4. Secure Cube Store (Caching) Configuration

  • Mitigation Strategy: Secure Cube Store Configuration and Management

  • Description:

    1. Restrict Access to Cube Store Instance: If using Cube Store for caching, ensure that access to the Cube Store instance (e.g., Redis, database) is strictly limited to only authorized Cube.js server processes. Use network firewalls and access control lists (ACLs) to restrict network access.
    2. Implement Authentication for Cube Store: Configure authentication mechanisms for your Cube Store instance (e.g., Redis AUTH, database authentication). Ensure that Cube.js server is configured to authenticate when connecting to Cube Store using strong credentials.
    3. Encrypt Data in Transit to Cube Store: Enable encryption for communication between the Cube.js server and the Cube Store instance (e.g., TLS/SSL for Redis). This protects cached data during transmission from eavesdropping.
    4. Encrypt Data at Rest in Cube Store (if sensitive): If caching sensitive data in Cube Store, consider enabling data-at-rest encryption provided by your Cube Store solution (e.g., Redis Enterprise encryption, database encryption). This protects cached data if the Cube Store storage is compromised.
    5. Regularly Review Cube Store Security Configuration: Periodically review the security configuration of your Cube Store instance and Cube.js Cube Store integration to ensure that access controls, authentication, and encryption settings remain secure and aligned with security best practices.
    6. Implement Cache Invalidation Strategies: Implement robust cache invalidation strategies to prevent serving stale or outdated data, especially if caching sensitive or time-sensitive information. Ensure cache invalidation mechanisms are triggered appropriately when underlying data changes to maintain data integrity and prevent serving potentially incorrect or outdated information.
  • Threats Mitigated:

    • Unauthorized Access to Cached Data (Medium Severity): Prevents unauthorized access to sensitive data cached in Cube Store if access controls are not properly configured.
    • Data Breaches through Cube Store Compromise (Medium Severity): Reduces the risk of data breaches if the Cube Store instance is compromised by securing access and potentially encrypting cached data.
    • Data Leakage due to Unencrypted Cache Communication (Low Severity): Protects against data leakage during communication between Cube.js and Cube Store by encrypting data in transit.
    • Serving Stale or Outdated Data (Low Severity - Data Integrity): While not directly a security threat in terms of confidentiality, serving stale data can lead to incorrect decisions and undermine data integrity, which can have indirect security implications in some contexts.
  • Impact:

    • Unauthorized Access to Cached Data: Medium Risk Reduction.
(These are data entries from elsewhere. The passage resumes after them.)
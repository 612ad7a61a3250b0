ghost use Rattle.std.specs.Prelude.{◌≡◌, ◌||◌, [], not, IfOk, OnOk};
ghost use Rattle.dt_access.specs.Ids.{same_id};
ghost use Rattle.dt_access.specs.declared.TxnId.{TxnId};
ghost use Rattle.dt_world.specs.MarksInner.{AreMarkedIds, is_marked};

use dt_access::TxnId;
use dt_index::IdIndex;
use dt_text::NoMemory;
use std::alloc::Global;
use std::marker::Model;

/// Which ids are marked: those that have a place in an index, whatever the place.
#[derive(Drop)]
pub struct Marks {
    alloc: Global,
    index: IdIndex,
}

impl Model for Marks {
    ghost use Rattle.dt_index.specs.Index.{IdIndexView};

    ghost Value = { IdIndexView };

    ghost view = { λ m. m.index };
}

impl Marks {
    /// None. Takes no memory.
    pub fn new(alloc: Global) -> Self
        ensures { AreMarkedIds result [] }
    {
        Marks {
            alloc,
            index: IdIndex::new(alloc),
        }
    }

    /// Marks an id. Whether it was not marked before.
    pub fn mark(&mut self, id: TxnId) -> Result<bool, NoMemory>
        ensures first { IfOk result (λ first. first ≡ not (is_marked self.old id)) }
        ensures marks { OnOk result ((other : TxnId) → is_marked self.new other ≡ (same_id other id || is_marked self.old other)) }
    {
        if self.index.get(id).is_some() {
            return Ok(false);
        }
        self.index.prepare(self.alloc, id)?;
        self.index.reserve(1)?;
        self.index.put(id, 0);
        Ok(true)
    }
}
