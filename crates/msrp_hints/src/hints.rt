//! The hint for a person that follows the line of an outcome.

use crate::files::{failure, read_again};
use crate::refusals::{plan_reason, trace_reason};
use msrp_cli::STANDARD;
use msrp_faults::CliFault;
use msrp_text::read_plan;
use std::fmt::{self, Formatter, Write};

/// The hint if an argument isn't UTF-8, so no command is known.
pub const NOT_UTF8: &str = "error: an argument isn't UTF-8\n";

/// The paths of a command's texts, as given; printed, they are the command that explains them.
#[derive(Clone, Copy, Debug)]
pub struct Paths<'a> {
    pub plan: &'a str,
    pub trace: Option<&'a str>,
}

// A path as one word, in quotes if it has unusual characters: in single ones if a shell reads it
// otherwise in double ones.
#[derive(Clone, Copy)]
struct Word<'a>(&'a str);

impl Word<'_> {
    fn write_quoted<W: Write>(&self, f: &mut Formatter<W>) -> fmt::Result {
        f.write_char('\'')?;
        for c in self.0.chars() {
            f.write_str(if c == '\'' { "'\\'" } else { "" })?;
            f.write_char(c)?;
        }
        f.write_char('\'')
    }
}

impl fmt::Display for Word<'_> {
    fn fmt<W: Write>(&self, f: &mut Formatter<W>) -> fmt::Result {
        let is_usual = |c: char| c.is_ascii_alphanumeric() || "-_./+,:=@%".contains(c);
        let is_special = |c: char| "$`\\!\"".contains(c);
        if !self.0.is_empty() && self.0.chars().all(is_usual) {
            f.write_str(self.0)
        } else if self.0.chars().any(is_special) {
            self.write_quoted(f)
        } else {
            write!(f, "{:?}", self.0)
        }
    }
}

// What a text is called in a sentence.
#[derive(Clone, Copy)]
struct Name<'a>(&'a str);

impl fmt::Display for Name<'_> {
    fn fmt<W: Write>(&self, f: &mut Formatter<W>) -> fmt::Result {
        if self.0 == STANDARD {
            f.write_str("<stdin>")
        } else {
            write!(f, "{}", Word(self.0))
        }
    }
}

impl fmt::Display for Paths<'_> {
    fn fmt<W: Write>(&self, f: &mut Formatter<W>) -> fmt::Result {
        write!(f, "why: msrp_view --why {}", Word(self.plan))?;
        if let Some(trace) = self.trace {
            write!(f, " {}", Word(trace))?;
        }
        if self.plan == STANDARD || self.trace == Some(STANDARD) {
            f.write_str(" (with the same input)")?;
        }
        f.write_char('\n')
    }
}

// What a text is called in a hint.
fn name_of(path: &str) -> &str {
    if path == STANDARD { "<stdin>" } else { path }
}

// Which text can't be read, and why.
fn unread(rt: &HostRuntime, paths: Paths<'_>) -> Result<String, CliFault> {
    for path in [Some(paths.plan), paths.trace].iter().flatten() {
        if let Some(error) = failure(rt, path) {
            let name = Name(path);
            return Ok(format!(in rt.alloc(); "cannot read {name}: {error}\n")?);
        }
    }
    let words = "a text has 16,777,216 bytes or more, or a read of it failed\n";
    Ok(String::from_str(rt.alloc(), words)?)
}

// Why the plan is refused, or else the trace, if all texts can be read again.
fn reason(rt: &HostRuntime, paths: Paths<'_>) -> Result<Option<String>, CliFault> {
    let alloc = rt.alloc();
    let Some(mut plan) = read_again(rt, paths.plan) else {
        return Ok(None);
    };
    let Some(path) = paths.trace else {
        return plan_reason(alloc, name_of(paths.plan), &mut plan);
    };
    match read_again(rt, path) {
        Some(mut trace) => {
            let plan = read_plan(alloc, &mut plan)?;
            trace_reason(alloc, name_of(path), &plan, &mut trace)
        }
        None => Ok(None),
    }
}

/// The lines added to an outcome of a command on these texts; empty if there is nothing to add.
pub fn hint_on(
    rt: &HostRuntime,
    outcome: &Result<u8, CliFault>,
    paths: Paths<'_>,
) -> Result<String, CliFault> {
    let (paths, reason) = match outcome {
        Ok(1) => (paths, None),
        Err(CliFault::Trace { .. }) => (paths, reason(rt, paths)?),
        Err(CliFault::Plan { .. }) => {
            let plan = Paths {
                trace: None,
                ..paths
            };
            (plan, reason(rt, plan)?)
        }
        Err(CliFault::Read) => return unread(rt, paths),
        _ => return Ok(String::new(rt.alloc())),
    };
    match reason {
        Some(reason) => Ok(reason),
        None => Ok(format!(in rt.alloc(); "{paths}")?),
    }
}
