//! What follows the line of a fault on standard error, for a person: the system's reason, what is
//! wrong with a refused text, or the command that explains a faulty row.
//!
//! [`are_wanted`] says whether it is written, and [`hint_on`] makes it from the refused text, read
//! again. The texts are tested, not proved.
#![tactic(auto)]

mod files;
mod hints;
mod refusals;
mod wanted;

pub use hints::{NOT_UTF8, Paths, hint_on};
pub use wanted::{are_wanted, is_on_terminal};
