//! Files that are opened again after a fault, to explain it.

use msrp_cli::STANDARD;
use msrp_plan::bytes::{BYTE_LIMIT, Source};
use std::fs::File;
use std::io::{ErrorKind, Read};
use std::{fs, io};

// The path under which the system has standard input as a file.
const STANDARD_FILE: &str = "/dev/stdin";

/// The bytes of a regular file, from its start. What came through a pipe is lost.
pub(crate) fn read_again(rt: &HostRuntime, path: &str) -> Option<Source<File>> {
    let path = if path == STANDARD {
        STANDARD_FILE
    } else {
        path
    };
    if !fs::metadata(rt, path).ok()?.is_file() {
        return None;
    }
    Some(Source::new(File::open(rt, path).ok()?))
}

// Reads the first byte of a file.
fn unopened(rt: &HostRuntime, path: &str) -> io::Result<()> {
    let found = fs::metadata(rt, path)?;
    // Opening a pipe would wait for its writer.
    if !found.is_file() && !found.is_dir() {
        return Ok(());
    }
    if found.len() >= u64::from(BYTE_LIMIT) {
        return Err(io::Error::new(ErrorKind::Other, "the text has 16,777,216 bytes or more"));
    }
    File::open(rt, path)?.read(&mut [0])?;
    Ok(())
}

/// Why a path can't be read, if it still can't.
pub(crate) fn failure(rt: &HostRuntime, path: &str) -> Option<io::Error> {
    if path == STANDARD {
        rt.stdin().read(&mut []).err()
    } else {
        unopened(rt, path).err()
    }
}
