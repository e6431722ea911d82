//! Whether hints are written: on a terminal, unless `MSRP_HINTS` decides.
ghost use Rattle.std.specs.Prelude.{◌≡◌};
ghost use Rattle.msrp_plan.specs.Common.{codes, false, true};

use msrp_faults::CliFault;
use std::env::Env;
use std::io::IsTerminal;

// The environment variable that decides: 0 or 1.
const SETTING: &str = "MSRP_HINTS";

// Whether hints are written if the variable has that value.
fn is_wanted(setting: &[u8], otherwise: bool) -> bool
    ensures never { setting.now ≡ codes "0" → result ≡ false }
    ensures always { setting.now ≡ codes "1" → result ≡ true }
    ensures other { ¬ (setting.now ≡ codes "0") → ¬ (setting.now ≡ codes "1") → result ≡ otherwise }
{
    match setting {
        b"0" => false,
        b"1" => true,
        _ => otherwise,
    }
}

/// Whether hints are written: as `MSRP_HINTS` says, 0 or 1, otherwise as the program decides.
pub fn are_wanted(rt: &HostRuntime, otherwise: bool) -> bool {
    let mut value = [0u8; 2];
    let setting = match rt.var(SETTING, &mut value) {
        Ok(len) => &value[..len],
        Err(_) => &[],
    };
    is_wanted(setting, otherwise)
}

/// Whether a terminal shows the line: standard error, and for a verdict also standard output.
pub fn is_on_terminal(rt: &HostRuntime, outcome: &Result<u8, CliFault>) -> bool {
    rt.stderr().is_terminal() && (outcome.is_err() || rt.stdout().is_terminal())
}
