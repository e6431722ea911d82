//! Why a text is refused, in words. If it isn't refused any more, it has changed since.

use csv::ByteRecord;
use msrp_advice::RefusedPlan;
use msrp_faults::CliFault;
use msrp_plan::bytes::Source;
use msrp_plan::{Plan, PlanFault};
use msrp_text::records::RecordReader;
use msrp_text::{TextError, read_plan};
use msrp_trace::{TraceError, TraceReader};
use msrp_why::RefusedRecord;
use std::alloc::{AllocError, Global};
use std::io::Read;

// The first records of a text, `most` at most.
fn first_records(alloc: Global, text: &[u8], most: u32) -> Result<Vec<ByteRecord>, CliFault> {
    let mut reader = RecordReader::new(alloc, text);
    let mut records = Vec::new(alloc);
    for _record in 0..most {
        let mut row = ByteRecord::new(alloc);
        match reader.read(&mut row) {
            Ok(true) => records.push(row)?,
            Ok(false) => break,
            Err(_) => return Err(CliFault::Memory),
        }
    }
    Ok(records)
}

// Why a record that follows these is refused in the plan of that name.
fn plan_words(
    alloc: Global,
    name: &str,
    text: &[u8],
    fault: PlanFault,
    number: u32,
    before: &[ByteRecord],
    row: &ByteRecord,
) -> Result<String, AllocError> {
    let words = RefusedPlan {
        name,
        text,
        fault,
        number,
        before,
        row,
    };
    format!(in alloc; "{words}")
}

/// Why the plan of that name is refused.
pub(crate) fn plan_reason<P: Read>(
    alloc: Global,
    name: &str,
    plan: &mut Source<P>,
) -> Result<Option<String>, CliFault> {
    let mut text = Vec::new(alloc);
    if plan.read_to_end(&mut text).is_err() {
        return Ok(None);
    }
    let text = text.as_slice();
    let Err(TextError::At { fault, number }) = read_plan(alloc, &mut Source::new(text)) else {
        return Ok(None);
    };
    let records = first_records(alloc, text, number)?;
    let none = ByteRecord::new(alloc);
    let place = number.saturating_sub(1) as usize;
    let before = records.get(..place).unwrap_or(records.as_slice());
    let row = records.get(place).unwrap_or(&none);
    Ok(Some(plan_words(alloc, name, text, fault, number, before, row)?))
}

// Why a record is refused that begins in that line, if the line is known.
fn record_reason(
    alloc: Global,
    name: &str,
    plan: &Plan,
    error: TraceError,
    line: Option<u64>,
    row: &ByteRecord,
) -> Result<Option<String>, CliFault> {
    let TraceError::At { fault, number } = error else {
        return Ok(None);
    };
    let words = RefusedRecord {
        plan,
        fault,
        number,
        line,
        row,
    };
    Ok(Some(format!(in alloc; "{name}: {words}")?))
}

// Why the first refused record that a reader has left is refused.
fn rows_reason<T: Read>(
    alloc: Global,
    name: &str,
    plan: &Plan,
    rows: &mut TraceReader<'_, T>,
) -> Result<Option<String>, CliFault> {
    for _row in 0..u32::MAX {
        match rows.next_row() {
            Ok(Some(_)) => {}
            Ok(None) => break,
            Err(error) => {
                let line = match error {
                    TraceError::At { number, .. } => rows.line_of(number),
                    _ => None,
                };
                return record_reason(alloc, name, plan, error, line, rows.refused_record());
            }
        }
    }
    Ok(None)
}

/// Why the trace of that name is refused.
pub(crate) fn trace_reason<T: Read>(
    alloc: Global,
    name: &str,
    plan: &Plan,
    trace: &mut Source<T>,
) -> Result<Option<String>, CliFault> {
    let mut rows = match TraceReader::open(alloc, trace, plan) {
        Ok(rows) => rows,
        Err(it) => return record_reason(alloc, name, plan, it.error, it.line, &it.first),
    };
    let reason = rows_reason(alloc, name, plan, &mut rows);
    drop(rows);
    reason
}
Restricting access and implementing authentication directly reduces the risk of unauthorized access to the cache.
    • Data Breaches through Cube Store Compromise: Medium Risk Reduction. Securing Cube Store reduces the potential impact of a compromise by limiting access and potentially protecting data at rest.
    • Data Leakage due to Unencrypted Cache Communication: Low Risk Reduction. Encrypting communication protects against eavesdropping during data transfer to and from the cache.
    • Serving Stale or Outdated Data: Low Risk Reduction (Data Integrity). Implementing cache invalidation improves data integrity and reduces the risk of decisions based on outdated information.
  • Currently Implemented:

    • Cube Store (Redis) is used for caching in production. Basic network access restrictions are in place via firewall rules to limit access to the Redis instance.
  • Missing Implementation:

    • Authentication for Redis (Cube Store) is not currently implemented. Redis is accessible without authentication from within the allowed network.
    • Encryption for data in transit between Cube.js and Redis (TLS/SSL) is not configured.
    • Data at rest encryption in Redis is not implemented.
    • Formal, regularly scheduled reviews of Cube Store security configuration are not in place.
    • While basic cache invalidation is likely happening through Cube.js mechanisms, a clearly defined and robust cache invalidation strategy, especially for sensitive data, is not explicitly documented or implemented.